Me ofrecieron asiento, lo acepté.

Bebían aguardiente.

Me hicieron un yapai, acepté.

Me hicieron otro, acepté.

Me hicieron otro, acepté.

Felizmente para mis entrañas, la copa en que echaban el aguardiente era un cuerno muy pequeñito, y la botella de aguardiente estaba ya por acabarse en los momentos que llegué.

Mariano se había quedado meditabundo con la vista fija en el suelo.

Los otros indios se iban durmiendo.

Yo me engolfaba no sé en qué pensamientos, cuando un hombre de mi séquito se presentó, manteniendo el equilibrio con dificultad y teniendo un cuchillo en una mano y una botella de aguardiente en la otra.

Al verle, la cólera paralizó la circulación de mi sangre.

—¡Retírate, Rufino!—le grité.

No me obedeció y siguió avanzando.

— Retírate!—volví gritarle con más fuerza.

No me obedeció tampoco y siguió avanzando, y ofreciéndole la botella á Mariano Rosas, le dijo:

—Tome, mi General.

Mariano la tomó.

Se la quité.

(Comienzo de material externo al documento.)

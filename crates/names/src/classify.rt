// Names as tokens: `inf` and `NaN`, alone or with a suffix, are floats.
ghost use Rattle.std.specs.Prelude.{◌≡◌, ◌≤◌, length};
ghost use Rattle.names.specs.Classify.{begins_float, suffixed, named, word_of};
ghost use Rattle.names.specs.Classify.{missing as missingOf};

use crate::identifiers::skip_identifier;
use crate::starts::{begins_raw, starts_with3};
use crate::{Identifier, Word};
use text::Refusal;

// Whether the part begins with `inf` or `NaN`.
fn begins_float(s: &[u8]) -> bool
    ensures { result ≡ begins_float s.now }
{
    if starts_with3(s, b'i', b'n', b'f') {
        return true;
    }
    starts_with3(s, b'N', b'a', b'N')
}

// A name of n bytes, by its last three.
fn suffixed_name(t: &[u8], n: usize) -> Word
    ensures { result ≡ suffixed t.now n }
{
    if starts_with3(t, b'f', b'3', b'2') {
        return Word::Float(n, 32);
    }
    if starts_with3(t, b'f', b'6', b'4') {
        return Word::Float(n, 64);
    }
    Word::Plain(n)
}

// A name of n bytes at the front.
fn name(s: &[u8], n: usize) -> Word
    requires { n ≤ length s.now }
    ensures { result ≡ named s.now n }
{
    if !begins_float(s) {
        return Word::Plain(n);
    }
    if n == 3 {
        return Word::Float(n, 0);
    }
    if n == 6 {
        return suffixed_name(&s[3..], n);
    }
    Word::Plain(n)
}

fn missing(s: &[u8]) -> Refusal
    ensures { result ≡ missingOf s.now }
{
    if begins_raw(s) {
        return Refusal::expected_string(2);
    }
    Refusal::unexpected_char(0)
}

// The token at the front of a part where none but a name can begin.
pub fn word(s: &[u8]) -> Word
    ensures { result ≡ word_of s.now }
{
    let found = skip_identifier(s);
    match found {
        Identifier::Missing => Word::Refused(missing(s)),
        Identifier::Name(n) => name(s, n),
        Identifier::RawName(n) => Word::Raw(n),
    }
}
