// Characters at the front of a part, by the table, which is lent.
ghost use Rattle.std.specs.Prelude.{◌≡◌};
ghost use Rattle.names.specs.Characters.{ident_char, char_if, chars};
ghost use Rattle.xid.specs.Table.{table};

use crate::Class;
use crate::characters::near_if;
use text::{classes, utf8};

fn is_ident_char(t: &[u32; 3234], class: Class, c: u32) -> bool
    requires { t.now ≡ table }
    ensures { result ≡ ident_char class c }
{
    match class {
        Class::First => classes::is_ident_first_char(t, c),
        Class::Next => classes::is_ident_next_char(t, c),
        Class::Raw => classes::is_ident_raw_char(t, c),
    }
}

// The width of the character at the front where it is of the class, else 0; near ones are told first.
pub fn char_if(t: &[u32; 3234], class: Class, s: &[u8]) -> usize
    requires { t.now ≡ table }
    ensures { result ≡ char_if (ident_char class) s.now }
{
    let n = near_if(class, s);
    if n != 0 {
        return n;
    }
    if is_ident_char(t, class, utf8::code_point(s)) {
        return utf8::char_len(s);
    }
    0
}

// How many bytes from the front are characters of the class.
pub fn chars_len(t: &[u32; 3234], s: &[u8], class: Class) -> usize
    requires { t.now ≡ table }
    ensures { result ≡ chars (ident_char class) s.now }
{
    let mut i = 0;
    while i < s.len() {
        let n = char_if(t, class, &s[i..]);
        if n == 0 {
            return i;
        }
        i += n;
    }
    i
}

Aquel momento era decisivo para mí.

Si me dejaba faltar al respeto por uno de mis mismos soldados era hombre perdido.

Y quitándosela, eché mano al puñal y gritándole al gaucho, ¡retirate! con más fuerza que antes, me abalancé sobre él, saltando por sobre varios indios.

Rufino obedeció entonces y huyó. Volví sobre mis pasos y me senté agitadísimo; la bilis me ahogaba.